Tobin responded with a flat stare.

“You’re damn creepy when you do that,” Bird waved as if warding off his previous request. “Bird, it is.”

Bird took a long swig of his bottle, before finally answering Tobin’s initial question. “The disappearances— it all started a few weeks back. A college student went missing, mysterious circumstances. No one batted an eye.”

Tobin nodded. People disappeared all the time, after all. “But it didn’t stop there.”

“Wish it did,” Bird shrugged with a sigh and set the bottle on the counter. “Three more disappeared last week, and two a few days ago.”

“And the police aren’t handling this, because…?”

Bird pulled a folder from his satchel and handed it to Tobin.

“You need to join us in the modern age, Bird,” Tobin groused, but still pulled a document out of the folder. He began to examine it. “What am I looking at?”

“Police report from last week,” Bird explained as Tobin read through the file.

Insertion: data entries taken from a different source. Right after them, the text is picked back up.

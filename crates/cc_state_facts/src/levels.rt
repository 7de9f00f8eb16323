//! Sets of interrupt levels.

ghost use Rattle.std.specs.Prelude.{◌≡◌, ◌≤◌, ◌^◌, ◌&&◌, nat_lt};
ghost use Rattle.cc_state_facts.specs.Levels.{has_level, may_enter, one_may_enter, is_above_least};

/// Whether a set has a level, from 0 to 7.
pub fn has_level(set: u8, level: u8) -> bool
    requires { level ≤ 7 }
    ensures { result ≡ has_level set level }
{
    (set / power(level)) % 2 == 1
}

/// 2 to the power of a level.
fn power(level: u8) -> u8
    requires { level ≤ 7 }
    ensures { result ≡ 2 ^ level }
{
    match level {
        0 => 1,
        1 => 2,
        2 => 4,
        3 => 8,
        4 => 16,
        5 => 32,
        6 => 64,
        _ => 128,
    }
}

fn is_below_in(set: u8, l: u8, level: u8) -> bool
    requires { l ≤ 7 }
    ensures { result ≡ (has_level set l && nat_lt l level) }
{
    has_level(set, l) && l < level
}

/// Whether a level is above the least one of a set.
fn is_above_least(set: u8, level: u8) -> bool
    ensures { result ≡ is_above_least set level }
{
    is_below_in(set, 0, level)
        || is_below_in(set, 1, level)
        || is_below_in(set, 2, level)
        || is_below_in(set, 3, level)
        || is_below_in(set, 4, level)
        || is_below_in(set, 5, level)
        || is_below_in(set, 6, level)
        || is_below_in(set, 7, level)
}

/// Whether a handler of a level may enter, where the flag is on, over a function that may run at these levels.
pub fn may_enter(running: u8, level: u8) -> bool
    ensures { result ≡ may_enter running level }
{
    level == 0 || is_above_least(running, level)
}

fn enters_in(running: u8, levels: u8, l: u8) -> bool
    requires { l ≤ 7 }
    ensures { result ≡ (has_level levels l && may_enter running l) }
{
    has_level(levels, l) && may_enter(running, l)
}

/// Whether a handler of one of some levels may.
pub fn one_may_enter(running: u8, levels: u8) -> bool
    ensures { result ≡ one_may_enter running levels }
{
    enters_in(running, levels, 0)
        || enters_in(running, levels, 1)
        || enters_in(running, levels, 2)
        || enters_in(running, levels, 3)
        || enters_in(running, levels, 4)
        || enters_in(running, levels, 5)
        || enters_in(running, levels, 6)
        || enters_in(running, levels, 7)
}
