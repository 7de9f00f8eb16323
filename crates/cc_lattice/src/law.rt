ghost use Rattle.std.specs.Prelude.{◌≡◌, ◌⊎◌, ℤ, true, Some};
ghost use Rattle.cc_num.specs.declared.int_type.IntType.{IntType};
ghost use Rattle.cc_num.specs.declared.target.Target.{Target};
ghost use Rattle.cc_num.specs.declared.op.BinOp.{BinOp};
ghost use Rattle.cc_num.specs.Integers.{IsValueOf};
ghost use Rattle.cc_num.specs.Results.{result_of, one_if};
ghost use Rattle.cc_lattice.specs.Domains.{IsIntValue, is_comparison, passes};

/// What the definitions that this crate's contracts cite keep of C's. The call does nothing.
pub fn laws()
    // A number may stand in a set exactly where it is a value of a type.
    ensures value { (v : ℤ) (t : IntType) (c : Target) → IsValueOf t c v → IsIntValue v }
    ensures only_values { (v : ℤ) (c : Target) → IsIntValue v → IsValueOf IntType.LongLong c v ⊎ IsValueOf IntType.ULongLong c v }

    // Two numbers pass a comparison exactly where it gives 1, in any type.
    ensures comparison { (op : BinOp) (v w : ℤ) (t : IntType) (c : Target) → is_comparison op ≡ true →
        result_of op v w t c ≡ Some (one_if (passes op v w)) }
{}
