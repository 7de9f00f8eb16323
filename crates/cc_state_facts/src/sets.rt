//! Sets in order, one by one: whether each is below another one, and what each two are together.

ghost use Rattle.std.specs.Prelude.{◌≡◌, ◌↔◌, IsTrue, IfOk};
ghost use Rattle.std.specs.List.{AllZip};
ghost use Rattle.cc_lattice.specs.Orders.{IsLeastUpperBound};
ghost use Rattle.cc_lattice.specs.Tables.{AreJoins};

use cc_lattice::Lattice;
use cc_program::num::NoMemory;
use std::alloc::Global;

/// Whether each set is below the other one at its place.
pub(crate) fn are_below<L: Lattice>(sets: &[L], others: &[L]) -> bool
    requires { AllZip L.AreAlike sets.now others.now }
    ensures { IsTrue result ↔ AllZip L.IsBelow sets.now others.now }
{
    for (at, set) in sets.iter().enumerate() {
        if !set.below(&others[at]) {
            return false;
        }
    }
    true
}

/// The join of each set with the other one at its place.
pub(crate) fn joins<L: Lattice>(alloc: Global, sets: &[L], others: &[L]) -> Result<Vec<L>, NoMemory>
    requires { AllZip L.AreAlike sets.now others.now }
    ensures { IfOk result (λ both. AreJoins (IsLeastUpperBound L.AreAlike L.IsBelow) sets.now others.now both.items) }
{
    let mut both = Vec::new(alloc);
    for (at, set) in sets.iter().enumerate() {
        both.push(set.join(alloc, &others[at])?)?;
    }
    Ok(both)
}
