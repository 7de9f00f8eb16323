//! Rows of sets, which points share.

ghost use Rattle.std.specs.Prelude.{◌≡◌, ◌↔◌, IsTrue, IfOk};
ghost use Rattle.std.specs.List.{AllZip};
ghost use Rattle.cc_lattice.specs.Tables.{AreJoins};
ghost use Rattle.cc_state_facts.specs.Orders.{AreRowsAlike, AreRowsBelow, IsRowJoin};

use crate::facts::Row;
use crate::shared_sets::{are_shared_below, shared_joins};
use cc_lattice::IntDomain;
use cc_program::num::{List, NoMemory};
use cc_state_shared::Shared;
use std::alloc::Global;

/// Whether each set of a row is below the other row's.
fn is_row_below<I: IntDomain>(row: &Shared<Row<I>>, other: &Shared<Row<I>>) -> bool
    requires { AreRowsAlike row.now other.now }
    ensures { IsTrue result ↔ AreRowsBelow I.IsBelow row.now other.now }
{
    are_shared_below(row.get().cells.all(), other.get().cells.all())
}

/// Whether each row is below the other one at its place.
pub(crate) fn are_rows_below<I: IntDomain>(
    rows: &[Shared<Row<I>>],
    others: &[Shared<Row<I>>],
) -> bool
    requires { AllZip AreRowsAlike rows.now others.now }
    ensures { IsTrue result ↔ AllZip (AreRowsBelow I.IsBelow) rows.now others.now }
{
    for (at, row) in rows.iter().enumerate() {
        if !is_row_below(row, &others[at]) {
            return false;
        }
    }
    true
}

/// The row with what another one has. It stays shared where no set rises.
fn joined_row<I: IntDomain>(
    alloc: Global,
    row: &Shared<Row<I>>,
    other: &Shared<Row<I>>,
) -> Result<Shared<Row<I>>, NoMemory>
    requires { AreRowsAlike row.now other.now }
    ensures { IfOk result (λ both. IsRowJoin I.IsBelow row.now other.now both) }
{
    if is_row_below(other, row) {
        return row.share();
    }
    if is_row_below(row, other) {
        return other.share();
    }
    let both = shared_joins(alloc, row.get().cells.all(), other.get().cells.all())?;
    Shared::new(
        alloc,
        Row {
            cells: List::of(both),
        },
    )
}

/// Each row with what the other one at its place has.
pub(crate) fn joined_rows<I: IntDomain>(
    alloc: Global,
    rows: &[Shared<Row<I>>],
    others: &[Shared<Row<I>>],
) -> Result<Vec<Shared<Row<I>>>, NoMemory>
    requires { AllZip AreRowsAlike rows.now others.now }
    ensures { IfOk result (λ both. AreJoins (IsRowJoin I.IsBelow) rows.now others.now both.items) }
{
    let mut both = Vec::new(alloc);
    for (at, row) in rows.iter().enumerate() {
        both.push(joined_row(alloc, row, &others[at])?)?;
    }
    Ok(both)
}
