//! Sets that points share, in order, one by one: whether each is below another one, and what each two are together.

ghost use Rattle.std.specs.Prelude.{◌≡◌, ◌↔◌, IsTrue, IfOk};
ghost use Rattle.std.specs.List.{AllZip};
ghost use Rattle.cc_lattice.specs.Orders.{IsLeastUpperBound};
ghost use Rattle.cc_lattice.specs.Tables.{AreJoins};

use cc_lattice::Lattice;
use cc_program::num::NoMemory;
use cc_state_shared::Shared;
use std::alloc::Global;

/// Whether a set is below another one.
fn is_shared_below<L: Lattice>(set: &Shared<L>, other: &Shared<L>) -> bool
    requires { L.AreAlike set.now other.now }
    ensures { IsTrue result ↔ L.IsBelow set.now other.now }
{
    set.get().below(other.get())
}

/// Whether each set is below the other one at its place.
pub(crate) fn are_shared_below<L: Lattice>(sets: &[Shared<L>], others: &[Shared<L>]) -> bool
    requires { AllZip L.AreAlike sets.now others.now }
    ensures { IsTrue result ↔ AllZip L.IsBelow sets.now others.now }
{
    for (at, set) in sets.iter().enumerate() {
        if !is_shared_below(set, &others[at]) {
            return false;
        }
    }
    true
}

/// The join of a set with another one. It shares the one that the other is below of.
fn shared_join<L: Lattice>(
    alloc: Global,
    set: &Shared<L>,
    other: &Shared<L>,
) -> Result<Shared<L>, NoMemory>
    requires { L.AreAlike set.now other.now }
    ensures { IfOk result (λ both. IsLeastUpperBound L.AreAlike L.IsBelow set.now other.now both) }
{
    if is_shared_below(other, set) {
        return set.share();
    }
    if is_shared_below(set, other) {
        return other.share();
    }
    Shared::new(alloc, set.get().join(alloc, other.get())?)
}

/// The join of each set with the other one at its place.
pub(crate) fn shared_joins<L: Lattice>(
    alloc: Global,
    sets: &[Shared<L>],
    others: &[Shared<L>],
) -> Result<Vec<Shared<L>>, NoMemory>
    requires { AllZip L.AreAlike sets.now others.now }
    ensures { IfOk result (λ both. AreJoins (IsLeastUpperBound L.AreAlike L.IsBelow) sets.now others.now both.items) }
{
    let mut both = Vec::new(alloc);
    for (at, set) in sets.iter().enumerate() {
        both.push(shared_join(alloc, set, &others[at])?)?;
    }
    Ok(both)
}
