//! What is known at points, one by one: whether it is below what is known there in other facts, and both together.

ghost use Rattle.std.specs.Prelude.{◌≡◌, ◌↔◌, IsTrue, IfOk};
ghost use Rattle.std.specs.List.{AllZip};
ghost use Rattle.cc_lattice.specs.Tables.{AreJoins};
ghost use Rattle.cc_state_facts.specs.Orders.{ArePointsAlike, AreKnownAlike, IsPointBelow, IsKnownBelow, IsPointJoin, IsKnownJoin};

use crate::facts::PointFact;
use crate::pairs::{are_pairs, common_pairs};
use crate::rows::{are_rows_below, joined_rows};
use crate::shared_sets::{are_shared_below, shared_joins};
use cc_lattice::IntDomain;
use cc_program::num::{List, NoMemory};
use cc_state_shared::share_all;
use std::alloc::Global;

/// Whether what is known at a point is below something else.
pub fn is_point_below<I: IntDomain>(fact: &PointFact<I>, other: &PointFact<I>) -> bool
    requires { ArePointsAlike fact.now other.now }
    ensures { IsTrue result ↔ IsPointBelow I.IsBelow fact.now other.now }
{
    (!fact.off || other.off)
        && (!fact.on || other.on)
        && are_pairs(fact, other.same.all())
        && are_shared_below(fact.locals.all(), other.locals.all())
        && are_rows_below(fact.rows.all(), other.rows.all())
}

/// Both together.
pub fn joined_point<I: IntDomain>(
    alloc: Global,
    fact: &PointFact<I>,
    other: &PointFact<I>,
) -> Result<PointFact<I>, NoMemory>
    requires { ArePointsAlike fact.now other.now }
    ensures { IfOk result (λ both. IsPointJoin I.IsBelow fact.now other.now both) }
{
    let locals = shared_joins(alloc, fact.locals.all(), other.locals.all())?;
    let rows = joined_rows(alloc, fact.rows.all(), other.rows.all())?;
    let same = common_pairs(alloc, fact.same.all(), other)?;
    Ok(PointFact {
        off: fact.off || other.off,
        on: fact.on || other.on,
        locals: List::of(locals),
        rows: List::of(rows),
        same: List::of(same),
    })
}

/// A copy, which shares sets and rows.
pub fn copied_point<I: IntDomain>(
    alloc: Global,
    fact: &PointFact<I>,
) -> Result<PointFact<I>, NoMemory>
    ensures { IfOk result (λ copy. copy ≡ fact.now) }
{
    let locals = share_all(alloc, fact.locals.all())?;
    let rows = share_all(alloc, fact.rows.all())?;
    let same = Vec::from_slice(alloc, fact.same.all())?;
    Ok(PointFact {
        off: fact.off,
        on: fact.on,
        locals: List::of(locals),
        rows: List::of(rows),
        same: List::of(same),
    })
}

/// Whether what is known at a point, if anything, is below something else.
fn is_known_below<I: IntDomain>(known: &Option<PointFact<I>>, other: &Option<PointFact<I>>) -> bool
    requires { AreKnownAlike known.now other.now }
    ensures { IsTrue result ↔ IsKnownBelow I.IsBelow known.now other.now }
{
    match known {
        None => true,
        Some(fact) => match other {
            None => false,
            Some(other) => is_point_below(fact, other),
        },
    }
}

/// Both together, if there is anything.
fn known_join<I: IntDomain>(
    alloc: Global,
    known: &Option<PointFact<I>>,
    other: &Option<PointFact<I>>,
) -> Result<Option<PointFact<I>>, NoMemory>
    requires { AreKnownAlike known.now other.now }
    ensures { IfOk result (λ both. IsKnownJoin I.IsBelow known.now other.now both) }
{
    match known {
        None => match other {
            None => Ok(None),
            Some(other) => Ok(Some(copied_point(alloc, other)?)),
        },
        Some(fact) => match other {
            None => Ok(Some(copied_point(alloc, fact)?)),
            Some(other) => Ok(Some(joined_point(alloc, fact, other)?)),
        },
    }
}

/// Whether what is known at each point is below what is known there in other facts.
pub(crate) fn are_known_below<I: IntDomain>(
    points: &[Option<PointFact<I>>],
    others: &[Option<PointFact<I>>],
) -> bool
    requires { AllZip AreKnownAlike points.now others.now }
    ensures { IsTrue result ↔ AllZip (IsKnownBelow I.IsBelow) points.now others.now }
{
    for (at, known) in points.iter().enumerate() {
        if !is_known_below(known, &others[at]) {
            return false;
        }
    }
    true
}

/// Point by point both together.
pub(crate) fn known_joins<I: IntDomain>(
    alloc: Global,
    points: &[Option<PointFact<I>>],
    others: &[Option<PointFact<I>>],
) -> Result<Vec<Option<PointFact<I>>>, NoMemory>
    requires { AllZip AreKnownAlike points.now others.now }
    ensures { IfOk result (λ both. AreJoins (IsKnownJoin I.IsBelow) points.now others.now both.items) }
{
    let mut both = Vec::new(alloc);
    for (at, known) in points.iter().enumerate() {
        both.push(known_join(alloc, known, &others[at])?)?;
    }
    Ok(both)
}
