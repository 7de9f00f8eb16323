//! Facts about all runs of a program: which values its cells may have, where the flag may be on, who reaches what.
#![tactic(auto)]

mod facts;
mod levels;
mod marks;
mod order;
mod pairs;
mod points;
mod rows;
mod sets;
mod shared_sets;

pub use cc_state_shared::Shared;
pub use facts::{Facts, Key, PointFact, Row};
pub use levels::{has_level, may_enter, one_may_enter};
pub use marks::{are_levels_within, levels_of_both};
pub use pairs::is_pair;
pub use points::{copied_point, is_point_below, joined_point};
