//! What the facts about a program are made of: values with an order, and domains of sets of numbers.
//! Each is a trait, whose laws every implementation proves. Pairs and tables of lattices are lattices
//! part by part.
#![tactic(auto)]

mod copy;
mod domain;
mod lattice;
mod law;
mod pair;
mod table;

pub use copy::copied;
pub use domain::{Concrete, IntDomain};
pub use lattice::Lattice;
pub use law::laws;
pub use pair::Pair;
pub use table::Table;
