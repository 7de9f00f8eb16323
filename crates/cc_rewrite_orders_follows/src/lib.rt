//! Laws: a program with its static objects in another order, some of them left out, follows its source and answers it.
#![tactic(auto)]

mod law;

pub use law::ordered_program_laws;
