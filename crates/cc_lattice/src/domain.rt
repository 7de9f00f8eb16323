ghost use Rattle.std.specs.Prelude.{◌≡◌, ◌≢◌, ◌↔◌, ◌⊎◌, ◌≤◌, ◌<◌, ◌≤ℤ◌, ◌^◌, ℕ, ℤ, List, Option, Some, None, true, IsTrue, IfSome};
ghost use Rattle.std.specs.List.{Contains};
ghost use Rattle.std.specs.Option.{option_copied};
ghost use Rattle.cc_num.specs.declared.int_type.IntType.{IntType};
ghost use Rattle.cc_num.specs.declared.target.Target.{Target};
ghost use Rattle.cc_num.specs.declared.op.BinOp.{BinOp};
ghost use Rattle.cc_num.specs.declared.op.UnOp.{UnOp};
ghost use Rattle.cc_num.specs.Integers.{IsValueOf, converted};
ghost use Rattle.cc_num.specs.Results.{result_of, unary_result_of};
ghost use Rattle.cc_lattice.specs.Orders.{IsLeastUpperBound};
ghost use Rattle.cc_lattice.specs.Domains.{IsIntValue, IsInReach, AreOperands, AreOperandsOne, AreMatched, IsResultOf, is_comparison, is_order, type_given, type_given_of_one, passes, Ascends, AreEnds};

use crate::Lattice;
use cc_num::{BinOp, IntType, Target, UnOp};
use std::alloc::Global;

/// Sets of numbers.
pub trait Concrete {
    /// The members of the set.
    ghost Has: { Self → ℤ → Type 0 };

    /// Whether the number is a member.
    fn has(&self, v: i128) -> bool
        ensures { IsTrue result ↔ Has self.now v };
}

/// A lattice of sets of numbers, over which C's operators are worked (C99 6.5).
///
/// All values are of one kind. A value may have more members than the results that it stands for,
/// never fewer. An operator's operands are of its type, which is promoted; a shift's count may be of
/// any type.
///
/// A domain may keep an allocator in its values, so the calls that make a value of none take one. No call can fail.
pub trait IntDomain: Lattice + Concrete {
    /// `OpGives op a b t c r`: `op` of a and b gives r.
    ghost OpGives: { BinOp → Self → Self → IntType → Target → Self → Type 0 };

    /// `OpOneGives op a t c r`: `op_one` of a gives r.
    ghost OpOneGives: { UnOp → Self → IntType → Target → Self → Type 0 };

    /// `ToGives a t c r`: `to` of a gives r.
    ghost ToGives: { Self → IntType → Target → Self → Type 0 };

    /// `KeepGives test a b r`: `keep` of a by b gives r.
    ghost KeepGives: { BinOp → Self → Self → Self → Type 0 };

    /// The members of an explicit set, ascending.
    ghost members_of: { Self → Option (List ℤ) };

    /// The least and the greatest member.
    ghost bounds_of: { Self → Option (ℤ × ℤ) };

    /// How often the value can still rise, at the most.
    ghost room_of: { Self → ℕ };

    /// The empty set.
    fn none(alloc: Global) -> Self
        ensures empty { (v : ℤ) → Self.Has result v → ⊥ }
        ensures least { (x : Self) → Self.IsBelow result x };

    /// The set of one number.
    fn one(alloc: Global, v: i128) -> Self
        requires { IsIntValue v }
        ensures has { (w : ℤ) → Self.Has result w ↔ w ≡ v }
        ensures least { (x : Self) → Self.Has x v → Self.IsBelow result x };

    /// The set of all values of a type.
    fn whole(alloc: Global, t: IntType, target: &Target) -> Self
        ensures { (v : ℤ) → Self.Has result v ↔ IsValueOf t target.now v };

    /// The results of `v op w`, of members v and w, in the type t.
    fn op(op: BinOp, a: &Self, b: &Self, t: IntType, target: &Target) -> Self
        requires { AreOperands Self.Has op a.now b.now t target.now }
        ensures { OpGives op a.now b.now t target.now result };

    /// The results of an operator of one operand, in the type t.
    fn op_one(op: UnOp, a: &Self, t: IntType, target: &Target) -> Self
        requires { AreOperandsOne Self.Has a.now t target.now }
        ensures { OpOneGives op a.now t target.now result };

    /// The members, converted to a type.
    fn to(&self, t: IntType, target: &Target) -> Self
        ensures { ToGives self.now t target.now result };

    /// The members that may pass a comparison with a member of the other set.
    fn keep(&self, test: BinOp, other: &Self) -> Self
        requires { is_comparison test ≡ true }
        ensures { KeepGives test self.now other.now result };

    /// The members of an explicit set, ascending. `None` for a range.
    fn members(&self) -> Option<&[i128]>
        ensures { option_copied result ≡ members_of self.now };

    /// The least and the greatest member. `None` for the empty set.
    fn bounds(&self) -> Option<(i128, i128)>
        ensures { result ≡ bounds_of self.now };

    /// How often the value can still rise, at the most.
    fn room(&self) -> u128
        ensures { result ≡ room_of self.now };

    /// All values are of one kind.
    ghost all_alike: { (x y : Self) → Self.AreAlike x y };

    /// A value has every member of a value below it.
    ghost below_has: { (x y : Self) → Self.IsBelow x y → (v : ℤ) → Self.Has x v → Self.Has y v };

    /// A value is below each value that has all its members.
    ghost members_below: { (x y : Self) → ((v : ℤ) → Self.Has x v → Self.Has y v) → Self.IsBelow x y };

    /// Members are numbers of at most 65 bits.
    ghost in_reach: { (x : Self) (v : ℤ) → Self.Has x v → IsInReach v };

    /// `op` gives values of its type, and a comparison those of int.
    ghost op_typed: { (op : BinOp) (a b r : Self) (t : IntType) (c : Target) → AreOperands Self.Has op a b t c → OpGives op a b t c r →
        (v : ℤ) → Self.Has r v → IsValueOf (type_given op t) c v };

    /// `op_one` gives values of its type, and `!` those of int.
    ghost op_one_typed: { (op : UnOp) (a r : Self) (t : IntType) (c : Target) → AreOperandsOne Self.Has a t c → OpOneGives op a t c r →
        (v : ℤ) → Self.Has r v → IsValueOf (type_given_of_one op t) c v };

    /// `to` gives values of the type.
    ghost to_typed: { (a r : Self) (t : IntType) (c : Target) → ToGives a t c r → (v : ℤ) → Self.Has r v → IsValueOf t c v };

    /// A join of values of a type has no others.
    ghost join_typed: { (x y j : Self) (t : IntType) (c : Target) → IsLeastUpperBound Self.AreAlike Self.IsBelow x y j →
        ((v : ℤ) → Self.Has x v → IsValueOf t c v) → ((v : ℤ) → Self.Has y v → IsValueOf t c v) → (v : ℤ) → Self.Has j v → IsValueOf t c v };

    /// `op` has every result that does not trap.
    ghost op_has: { (op : BinOp) (a b r : Self) (t : IntType) (c : Target) → AreOperands Self.Has op a b t c → OpGives op a b t c r →
        (v w z : ℤ) → Self.Has a v → Self.Has b w → result_of op v w t c ≡ Some z → Self.Has r z };

    /// `op` gives more for more.
    ghost op_grows: { (op : BinOp) (a b r x y s : Self) (t : IntType) (c : Target) → AreOperands Self.Has op x y t c →
        OpGives op a b t c r → OpGives op x y t c s → Self.IsBelow a x → Self.IsBelow b y → Self.IsBelow r s };

    /// A comparison gives nothing but results of members, if it is one of order. `==` and `!=` may give more for an explicit set
    /// of two members or more and one that is not explicit.
    ghost comparison_told: { (op : BinOp) (a b r : Self) (t : IntType) (c : Target) → is_comparison op ≡ true → AreOperands Self.Has op a b t c →
        OpGives op a b t c r → (is_order op ≡ true) ⊎ AreMatched Self.Has members_of a b → (z : ℤ) → Self.Has r z → IsResultOf Self.Has op a b t c z };

    /// `op_one` has every result that does not trap.
    ghost op_one_has: { (op : UnOp) (a r : Self) (t : IntType) (c : Target) → AreOperandsOne Self.Has a t c → OpOneGives op a t c r →
        (v z : ℤ) → Self.Has a v → unary_result_of op v t c ≡ Some z → Self.Has r z };

    /// `op_one` gives more for more.
    ghost op_one_grows: { (op : UnOp) (a r x s : Self) (t : IntType) (c : Target) → AreOperandsOne Self.Has x t c →
        OpOneGives op a t c r → OpOneGives op x t c s → Self.IsBelow a x → Self.IsBelow r s };

    /// `to` has every member, converted.
    ghost to_has: { (a r : Self) (t : IntType) (c : Target) → ToGives a t c r → (v : ℤ) → Self.Has a v → Self.Has r (converted v t c) };

    /// `to` gives more for more.
    ghost to_grows: { (a r x s : Self) (t : IntType) (c : Target) → ToGives a t c r → ToGives x t c s → Self.IsBelow a x → Self.IsBelow r s };

    /// A value with members of a type alone stays what it is when it is converted to that type.
    ghost to_kept: { (a r : Self) (t : IntType) (c : Target) → ToGives a t c r → ((v : ℤ) → Self.Has a v → IsValueOf t c v) → r ≡ a };

    /// `keep` keeps each member that passes against some member of the other.
    ghost keep_has: { (test : BinOp) (a b r : Self) → is_comparison test ≡ true → KeepGives test a b r →
        (v w : ℤ) → Self.Has a v → Self.Has b w → passes test v w ≡ true → Self.Has r v };

    /// `keep` keeps no more than there was.
    ghost keep_below: { (test : BinOp) (a b r : Self) → is_comparison test ≡ true → KeepGives test a b r → Self.IsBelow r a };

    /// `keep` gives more for more.
    ghost keep_grows: { (test : BinOp) (a b r x y s : Self) → is_comparison test ≡ true → KeepGives test a b r → KeepGives test x y s →
        Self.IsBelow a x → Self.IsBelow b y → Self.IsBelow r s };

    /// The least value that has a number has no other.
    ghost least_alone: { (x : Self) (v : ℤ) → Self.Has x v → ((y : Self) → Self.Has y v → Self.IsBelow x y) → (w : ℤ) → Self.Has x w → v ≡ w };

    /// What is below an explicit set is explicit.
    ghost below_explicit: { (x y : Self) → Self.IsBelow x y → members_of x ≡ None → members_of y ≡ None };

    /// A range has all numbers between its bounds.
    ghost range_has: { (x : Self) → members_of x ≡ None → IfSome (bounds_of x) (λ ends. (v : ℤ) → ends.0 ≤ℤ v → v ≤ℤ ends.1 → Self.Has x v) };

    /// Explicit members ascend.
    ghost members_ascend: { (x : Self) → IfSome (members_of x) Ascends };

    /// Explicit members are the members.
    ghost members_all: { (x : Self) → IfSome (members_of x) (λ vs. (v : ℤ) → Contains vs v ↔ Self.Has x v) };

    /// There are no bounds exactly where there is no member.
    ghost bounds_none: { (x : Self) → (bounds_of x ≡ None) ↔ ((v : ℤ) → Self.Has x v → ⊥) };

    /// The bounds are the least and the greatest member.
    ghost bounds_ends: { (x : Self) → IfSome (bounds_of x) (AreEnds (Self.Has x)) };

    /// The room has a bound.
    ghost room_bound: { (x : Self) → room_of x ≤ 2 ^ 70 };

    /// A value strictly above another has less room.
    ghost room_falls: { (x y : Self) → Self.IsBelow x y → x ≢ y → room_of y < room_of x };
}
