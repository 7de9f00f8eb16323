ghost use Rattle.std.specs.Prelude.{◌≡◌, IfOk};

use crate::Lattice;
use cc_num::NoMemory;
use std::alloc::Global;

/// A copy of a value: its join with itself.
pub fn copied<L: Lattice>(alloc: Global, value: &L) -> Result<L, NoMemory>
    requires { L.AreAlike value.now value.now }
    ensures { IfOk result (λ copy. copy ≡ value.now) }
{
    value.join(alloc, value)
}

“Witness claims the kidnapper leapt twenty feet up in the air, carrying his screaming girlfriend away,” Tobin read the file out loud, throwing his informant a dubious look. “Disconcerting, but he could have been on something. People see all sorts of things while under the influence. You have anything else?”

Without a word, Bird procured a few more folders from his satchel and held them out.

Tobin blinked, placed the file on the counter and went through the provided items. They all seemed to tell the same story; a monstrous creature able to snatch people and escape with them, leaping incredible distances. All of the victims were women between the ages of 20 and 30.

This is starting to paint a not-so-pretty picture.

“I see.”

“You think this is from your side of the yard?” Bird’s mood shifted from somber to excited in the blink of an eye.

Tobin held up a hand, forestalling any further questions. “Perhaps. Let’s talk rates.”

“Of course,” Bird pinched the bridge of his nose, before waving it off. “Same as usual, plus danger pay in case things go south— which, I’m guessing they just might. Need any backup for this one?”

Tobin snatched the most recent folder, pushed off of the bar counter and left without another word.

“Typical,” he heard Bird say a few feet behind him, but Tobin’s focus was already shifting as he exited the bar.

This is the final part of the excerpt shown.